I was chatting to a banking industry contact recently and was told that if the Clydesdale and Yorkshire Group (CYBG) bank merger with Virgin Money goes ahead, the project to create a digital bank at the latter will be scrapped.
In February Virgin announced its plan to build a digital bank. At the time Virgin Money CEO Jayne-Anne Gadhia said: “As part of this strategy, we are developing a data-driven, customer-centric digital bank, which will allow us to take advantage of the significant technological and regulatory changes shaping UK retail banking, broaden our customer appeal and provide access to a wider pool of UK retail banking revenues.”

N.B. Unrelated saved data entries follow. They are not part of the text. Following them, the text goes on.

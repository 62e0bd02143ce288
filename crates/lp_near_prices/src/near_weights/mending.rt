//! Passes that raise and lower weights until rows hold.

use crate::near_weights::table::{RowBalance, Table, Weighted};

/// The most passes over the rows; the last one lowers.
const PASSES: u32 = 40;

/// From this pass on no tree is raised where that harms another row.
const CAREFUL: u32 = 31;

/// What is done to trees in a pass over the rows.
#[derive(Clone, Copy, Drop)]
struct Pass {
    /// Whether trees of short rows are raised; else trees of exceeded rows are lowered.
    is_raising: bool,
    /// Whether only what harms no row is done.
    is_careful: bool,
}

impl Pass {
    /// Returns the pass with this number.
    fn at(number: u32) -> Pass {
        let is_raising = number % 2 == 0;
        Pass {
            is_raising,
            is_careful: is_raising && number >= CAREFUL,
        }
    }

    /// Returns by how much a tree is raised or lowered in a row that is off by so much.
    fn amount(self, off: i128, tree: &Weighted) -> i128 {
        if self.is_raising {
            off
        } else {
            off.min(tree.weight)
        }
    }
}

/// A tree that may be raised or lowered.
#[derive(Clone, Copy, Drop)]
struct Choice {
    place: usize,
    weight: i128,
    amount: i128,
    /// How many rows it harms.
    harm: u32,
}

impl Choice {
    /// Whether it harms fewer rows than another one, or as many and has more weight.
    fn is_better(&self, other: &Choice) -> bool {
        self.harm < other.harm || (self.harm == other.harm && self.weight > other.weight)
    }

    /// Returns the better of the best one so far and this one, the first of equal ones.
    fn best(self, so_far: Option<Choice>) -> Option<Choice> {
        match so_far {
            Some(best) if !self.is_better(&best) => Some(best),
            _ => Some(self),
        }
    }
}

/// Whether a row is among these.
fn is_among(rows: &[u32], row: usize) -> bool {
    rows.iter().any(|one| *one as usize == row)
}

/// Whether a step in the row with this number harms it.
fn is_harmed(lines: &[RowBalance], row: u32, is_raising: bool, amount: i128) -> bool {
    match lines.get(row as usize) {
        Some(line) => line.is_harmed(is_raising, amount),
        None => false,
    }
}

/// Returns how many of these rows a step harms.
fn harm_of(lines: &[RowBalance], rows: &[u32], is_raising: bool, amount: i128) -> u32 {
    let mut harm = 0u32;
    for row in rows {
        if is_harmed(lines, *row, is_raising, amount) {
            harm = harm.saturating_add(1);
        }
    }
    harm
}

impl Table {
    /// Returns what a tree does to a row that is off by so much, if it does anything.
    fn choice(
        &self,
        pass: Pass,
        row: usize,
        off: i128,
        place: usize,
        tree: &Weighted,
    ) -> Option<Choice> {
        let rows = self.rows_of(tree);
        let amount = pass.amount(off, tree);
        if amount <= 0 || !is_among(rows, row) {
            return None;
        }
        Some(Choice {
            place,
            weight: tree.weight,
            amount,
            harm: harm_of(self.lines.as_slice(), rows, pass.is_raising, amount),
        })
    }

    /// Returns the tree that mends a row which is off by so much and harms fewest rows.
    fn best_choice(&self, pass: Pass, row: usize, off: i128) -> Option<Choice> {
        let mut best: Option<Choice> = None;
        for (place, tree) in self.trees.as_slice().iter().enumerate() {
            if let Some(choice) = self.choice(pass, row, off, place, tree) {
                best = choice.best(best);
            }
        }
        best
    }

    /// Takes one step to mend a row. Says whether there was one.
    fn mend_once(&mut self, pass: Pass, row: usize) -> bool {
        let Some(line) = self.lines.as_slice().get(row) else {
            return false;
        };
        if !line.is_mended(pass.is_raising) {
            return false;
        }
        let Some(choice) = self.best_choice(pass, row, line.off(pass.is_raising)) else {
            return false;
        };
        if pass.is_careful && choice.harm > 0 {
            return false;
        }
        if pass.is_raising {
            self.change(choice.place, choice.amount);
        } else {
            self.change(choice.place, 0i128.saturating_sub(choice.amount));
        }
        true
    }

    /// Mends a row. Says whether a weight changed.
    fn mend_row(&mut self, pass: Pass, row: usize) -> bool {
        let mut has_changed = false;
        for _step in 0..self.trees.len() {
            if !self.mend_once(pass, row) {
                break;
            }
            has_changed = true;
        }
        has_changed
    }

    /// Mends all rows once. Says whether a weight changed.
    fn mend_all(&mut self, pass: Pass) -> bool {
        let mut has_changed = false;
        for row in 0..self.lines.len() {
            has_changed |= self.mend_row(pass, row);
        }
        has_changed
    }

    /// Changes weights so that no row that asks at most its right side is exceeded, and little is missing in
    /// those that ask at least theirs: trees of short rows are raised and trees of exceeded rows lowered,
    /// pass by pass, the tree first that harms fewest rows of the other kind.
    pub(crate) fn mend(&mut self) {
        for number in 0..PASSES {
            let has_changed = self.mend_all(Pass::at(number));
            if !has_changed && number > 0 {
                break;
            }
        }
    }
}
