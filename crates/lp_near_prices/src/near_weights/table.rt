//! The rows, and what the trees bring to them.

ghost use Rattle.model_rosters.specs.SoundInstance.{IsSoundInstance};
ghost use Rattle.lp_master_rows.specs.NodeRows.{AreRows};

use lp_fractions::Place;
use lp_master_rows::{NodeRows, artificial_price};
use model_rosters::{Cut, Instance, List, Memory};
use std::alloc::Global;
use tree_pool::Pool;

/// The number 1 in the units of weights, 2^-56.
pub(crate) const ONE: i128 = 1 << 56;

/// How a row is met.
#[derive(Clone, Copy, Debug, PartialEq, Eq, Drop)]
pub(crate) enum Bound {
    /// Units missing and units beyond have their costs.
    About,
    /// At least its right side: each unit missing has the artificial cost.
    AtLeast,
    /// At most its right side.
    AtMost,
}

/// A row, and what the trees bring to it.
#[derive(Clone, Copy, Drop)]
pub(crate) struct RowBalance {
    pub(crate) bound: Bound,
    /// Its right side, in the units of weights.
    pub(crate) right: i128,
    /// The sum of the weights of the trees that bring to it.
    pub(crate) sum: i128,
    /// What a unit missing costs.
    pub(crate) missing: i64,
}

impl RowBalance {
    /// Returns what it lacks in a raising pass, or has too much in another one.
    pub(crate) fn off(&self, is_raising: bool) -> i128 {
        if is_raising {
            self.right.saturating_sub(self.sum)
        } else {
            self.sum.saturating_sub(self.right)
        }
    }

    /// Whether it is to be mended in such a pass.
    pub(crate) fn is_mended(&self, is_raising: bool) -> bool {
        let bound = if is_raising {
            Bound::AtLeast
        } else {
            Bound::AtMost
        };
        self.bound == bound && self.off(is_raising) > 0
    }

    /// Whether a step by so much in such a pass harms it.
    pub(crate) fn is_harmed(&self, is_raising: bool, amount: i128) -> bool {
        let (bound, room) = if is_raising {
            (Bound::AtMost, self.right.saturating_sub(self.sum))
        } else {
            (Bound::AtLeast, self.sum.saturating_sub(self.right))
        };
        self.bound == bound && room < amount
    }
}

/// Returns how a row is met whose units have these costs.
fn bound_of(missing: i64, beyond: Option<i64>, artificial: i64) -> Bound {
    match beyond {
        None => Bound::AtMost,
        Some(_) if missing == artificial => Bound::AtLeast,
        Some(_) => Bound::About,
    }
}

/// Returns the rows of a node, to which no tree brings anything.
///
/// # Errors
///
/// `Memory` where memory runs out; nothing is kept then.
pub(crate) fn lines_of(
    alloc: Global,
    instance: &Instance,
    cuts: &[Cut],
    rows: &NodeRows,
) -> Result<Vec<RowBalance>, Memory>
    requires sound { IsSoundInstance instance.now }
    requires rows { AreRows instance.now cuts.now rows.now }
{
    let artificial = artificial_price(instance);
    let right = rows.right();
    let mut lines = Vec::with_capacity(alloc, right.len())?;
    for row in 0..right.len() {
        let missing = rows.missing_cost(row, artificial);
        let line = RowBalance {
            bound: bound_of(missing, rows.beyond_cost(row), artificial),
            right: i128::from(right[row]).saturating_mul(ONE),
            sum: 0,
            missing,
        };
        lines.push(line)?;
    }
    Ok(lines)
}

/// A tree of the basis.
#[derive(Clone, Copy, Drop)]
pub(crate) struct Weighted {
    /// Its number in the pool.
    pub(crate) tree: usize,
    /// Its weight, at least 0.
    pub(crate) weight: i128,
    /// Where its rows begin in the list of all.
    first: usize,
    /// Where they end.
    end: usize,
}

/// The trees of a basis with their weights, in the rows that have to be mended.
#[derive(Drop)]
pub(crate) struct Table {
    pub(crate) lines: Vec<RowBalance>,
    pub(crate) trees: Vec<Weighted>,
    /// The rows of all trees, one tree after another, without those that are met about.
    rows: Vec<u32>,
}

/// Returns the rows between two places.
fn rows_between(rows: &[u32], first: usize, end: usize) -> &[u32] {
    match rows.get(first..end) {
        Some(rows) => rows,
        None => &[],
    }
}

/// Adds to the sum of a row.
fn add_at(lines: &mut [RowBalance], row: u32, amount: i128) {
    if let Some(line) = lines.get_mut(row as usize) {
        line.sum = line.sum.saturating_add(amount);
    }
}

/// Whether a row has to be mended where it is off its right side.
fn is_bound(lines: &[RowBalance], row: u32) -> bool {
    match lines.get(row as usize) {
        Some(line) => line.bound != Bound::About,
        None => false,
    }
}

impl Table {
    /// Returns the rows without a tree.
    pub(crate) fn new(alloc: Global, lines: Vec<RowBalance>) -> Table {
        Table {
            lines,
            trees: Vec::new(alloc),
            rows: Vec::new(alloc),
        }
    }

    /// Returns the rows of a tree.
    pub(crate) fn rows_of(&self, tree: &Weighted) -> &[u32] {
        rows_between(self.rows.as_slice(), tree.first, tree.end)
    }

    /// Adds the rows at these places, as far as they have to be mended, with a weight.
    fn add_rows(&mut self, places: &[Place], weight: i128) -> Result<(), Memory> {
        for place in places {
            if is_bound(self.lines.as_slice(), place.row) {
                add_at(self.lines.as_mut_slice(), place.row, weight);
                self.rows.push(place.row)?;
            }
        }
        Ok(())
    }

    /// Adds a tree with its weight, which brings to the rows at these places.
    ///
    /// # Errors
    ///
    /// `Memory` where memory runs out; nothing is said of the table then.
    pub(crate) fn add_tree(
        &mut self,
        tree: usize,
        weight: i128,
        places: &[Place],
    ) -> Result<(), Memory> {
        let first = self.rows.len();
        self.add_rows(places, weight)?;
        let tree = Weighted {
            tree,
            weight,
            first,
            end: self.rows.len(),
        };
        self.trees.push(tree)?;
        Ok(())
    }

    /// Changes the weight of the tree at a place by an amount.
    pub(crate) fn change(&mut self, place: usize, amount: i128) {
        let Some(tree) = self.trees.as_mut_slice().get_mut(place) else {
            return;
        };
        tree.weight = tree.weight.saturating_add(amount);
        for row in rows_between(self.rows.as_slice(), tree.first, tree.end) {
            add_at(self.lines.as_mut_slice(), *row, amount);
        }
    }
}

/// The trees of a basis and their weights.
#[derive(Clone, Copy, Drop)]
pub(crate) struct Basis<'a> {
    /// The tree of the pool at each place, where there is one.
    pub(crate) trees: &'a [Option<usize>],
    /// The weight at each place.
    pub(crate) values: &'a [i128],
}

/// Returns a table of the trees of a basis, each with its weight, or 0 where that is negative.
///
/// # Errors
///
/// `Memory` where memory runs out; nothing is kept then.
pub(crate) fn table_of(
    alloc: Global,
    lines: Vec<RowBalance>,
    cuts: &[Cut],
    rows: &NodeRows,
    pool: &Pool,
    basis: Basis<'_>,
) -> Result<Table, Memory> {
    let mut table = Table::new(alloc, lines);
    let mut room = List::new(alloc);
    for (tree, value) in basis.trees.iter().zip(basis.values) {
        if let Some(tree) = *tree {
            if tree < pool.len() {
                room = rows.put_places(room, cuts, pool, tree)?;
                table.add_tree(tree, (*value).max(0), room.as_slice())?;
            }
        }
    }
    Ok(table)
}
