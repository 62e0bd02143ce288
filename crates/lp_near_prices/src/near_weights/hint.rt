//! The listed trees and the prices.

ghost use Rattle.std.specs.Prelude.{◌≤◌, ◌^◌, All, IfOk, length};
ghost use Rattle.model_rosters.specs.SoundInstance.{IsSoundInstance};
ghost use Rattle.lp_master_rows.specs.NodeRows.{AreRows};
ghost use Rattle.lp_near_prices.specs.Listed.{IsListed};

use crate::ListedTree;
use crate::near_weights::table::{Basis, Bound, ONE, RowBalance, Weighted, lines_of, table_of};
use lp_float_programs::{FloatProgram, Key};
use lp_master_rows::NodeRows;
use model_rosters::{Cut, Instance, List, Memory};
use std::alloc::Global;
use tree_pool::Pool;

/// Weighted trees and prices that may show each other best.
#[derive(Drop)]
pub struct NearHint {
    /// Trees of the pool with their weights above 0, in the order of their numbers.
    pub listed: List<ListedTree>,
    /// The prices of the rows, in units of 2^-40.
    pub y: List<i128>,
}

/// From this value on an artificial column counts: 2^-16.
const COUNTED: i128 = ONE >> 16;

/// The greatest weight of a tree, 64 in units of 2^-56.
const MOST: i128 = ONE << 6;

/// The most trees that are listed.
const TREES: usize = 8192;

/// Returns a weight as a number of 64 bits, at most the greatest one.
fn bounded(weight: i128) -> u64
    ensures { result ≤ 2 ^ 62 }
{
    match u64::try_from(weight.min(MOST)) {
        Ok(weight) => weight.min(1 << 62),
        Err(_) => 0,
    }
}

/// Adds to the weight of each tree that of the equal one before it.
fn merge(trees: &mut [Weighted]) {
    let mut last: Option<Weighted> = None;
    for tree in trees.iter_mut() {
        if let Some(before) = last {
            if before.tree == tree.tree {
                tree.weight = tree.weight.saturating_add(before.weight);
            }
        }
        last = Some(*tree);
    }
}

/// Whether the next tree is another one, or there is none.
fn is_last(trees: &[Weighted], place: usize) -> bool {
    match (trees.get(place), trees.get(place.saturating_add(1))) {
        (Some(tree), Some(next)) => tree.tree != next.tree,
        _ => true,
    }
}

/// Lists a tree with its weight, if that is above 0 and the tree is one of so many.
fn list_tree(listed: &mut List<ListedTree>, count: usize, tree: &Weighted) -> Result<(), Memory>
    requires listed { All (IsListed count) listed.old }
    requires few { length listed.old ≤ 2 ^ 13 }
    ensures listed { IfOk result (λ _. All (IsListed count) listed.new) }
    ensures few { IfOk result (λ _. length listed.new ≤ 2 ^ 13) }
{
    let weight = bounded(tree.weight);
    if weight > 0 && tree.tree < count && listed.len() < TREES {
        listed.push(ListedTree {
            column: tree.tree,
            weight,
        })?;
    }
    Ok(())
}

/// Lists trees that stand in the order of their numbers, as far as they are among so many: each once, with
/// the weight of the last of equal ones.
fn list_trees(alloc: Global, count: usize, trees: &[Weighted]) -> Result<List<ListedTree>, Memory>
    ensures listed { IfOk result (λ listed. All (IsListed count) listed) }
    ensures few { IfOk result (λ listed. length listed ≤ 2 ^ 13) }
{
    let mut listed = List::new(alloc);
    for (place, tree) in trees.iter().enumerate() {
        if is_last(trees, place) {
            list_tree(&mut listed, count, tree)?;
        }
    }
    Ok(listed)
}

/// Lists trees, which are ordered by their numbers.
fn list_sorted(
    alloc: Global,
    count: usize,
    trees: &mut [Weighted],
) -> Result<List<ListedTree>, Memory>
    ensures listed { IfOk result (λ listed. All (IsListed count) listed) }
    ensures few { IfOk result (λ listed. length listed ≤ 2 ^ 13) }
{
    trees.sort_unstable_by_key(|tree| tree.tree);
    merge(trees);
    list_trees(alloc, count, trees)
}

/// Whether what is missing in a row has the artificial cost.
fn is_artificial(lines: &[RowBalance], row: usize) -> bool {
    match lines.get(row) {
        Some(line) => line.bound == Bound::AtLeast,
        None => false,
    }
}

/// Whether the column at a place of the basis is an artificial one.
fn is_artificial_at(float_program: &FloatProgram, lines: &[RowBalance], place: usize) -> bool {
    match float_program.basic(place) {
        Some(Key::Missing(row)) => is_artificial(lines, row),
        _ => false,
    }
}

/// Whether an artificial column counts among the values of the basis.
fn has_artificial(float_program: &FloatProgram, lines: &[RowBalance], values: &[i128]) -> bool {
    for (place, value) in values.iter().enumerate() {
        if *value > COUNTED && is_artificial_at(float_program, lines, place) {
            return true;
        }
    }
    false
}

/// Returns what units missing in the rows cost.
fn missing_of(alloc: Global, lines: &[RowBalance]) -> Result<List<i64>, Memory> {
    let mut missing = List::new(alloc);
    for line in lines {
        missing.push(line.missing)?;
    }
    Ok(missing)
}

/// Returns the prices of the rows, with the true artificial cost where an artificial column counts.
fn prices_of(
    alloc: Global,
    float_program: &FloatProgram,
    lines: &[RowBalance],
    values: &[i128],
) -> Result<List<i128>, Memory> {
    if !has_artificial(float_program, lines, values) {
        return float_program.refined_prices(alloc, &[]);
    }
    let missing = missing_of(alloc, lines)?;
    float_program.refined_prices(alloc, missing.as_slice())
}

/// Returns the trees in the basis of a float program with weights that exceed no row of at most its right
/// side, and the prices of its rows. `trees` has the tree of the pool at each place of the basis, where there
/// is one.
///
/// They are right up to what floats lost, and nothing rests on them.
///
/// # Errors
///
/// `Memory` where memory runs out.
pub fn near_hint(
    alloc: Global,
    instance: &Instance,
    cuts: &[Cut],
    rows: &NodeRows,
    pool: &Pool,
    trees: &[Option<usize>],
    float_program: &FloatProgram,
) -> Result<NearHint, Memory>
    requires sound { IsSoundInstance instance.now }
    requires rows { AreRows instance.now cuts.now rows.now }
    ensures listed { IfOk result (λ hint. All (IsListed (length pool.now)) hint.listed) }
    ensures few { IfOk result (λ hint. length hint.listed ≤ 2 ^ 13) }
{
    let values = float_program.refined_values(alloc)?;
    let values = values.as_slice();
    let lines = lines_of(alloc, instance, cuts, rows)?;
    let y = prices_of(alloc, float_program, lines.as_slice(), values)?;
    let basis = Basis { trees, values };
    let mut table = table_of(alloc, lines, cuts, rows, pool, basis)?;
    table.mend();
    let listed = list_sorted(alloc, pool.len(), table.trees.as_mut_slice())?;
    Ok(NearHint { listed, y })
}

The bank also said it has spent over £38m on developing a digital banking platform, which it said will harness data to offer customers personalised accounts. This is an aim to expand its retail banking customer base, as well as the number of small business customers it serves.
But if the merger with CYBG goes ahead it will find itself in possession of two digital banks, well one and a half perhaps, because CYBG has an existing digital bank. This is app based and known as B, which has 200,000 users already.
So the choice would be run two digital banks, scrap an established one with 200,000 users, or can the new digital bank project.
A spokesman at Virgin Money told me the next stage of the merger process is the shareholder vote and until then “nothing has been decided.
And a spokeswoman at Clydesdale and Yorkshire bank also said there has been no decisions as yet.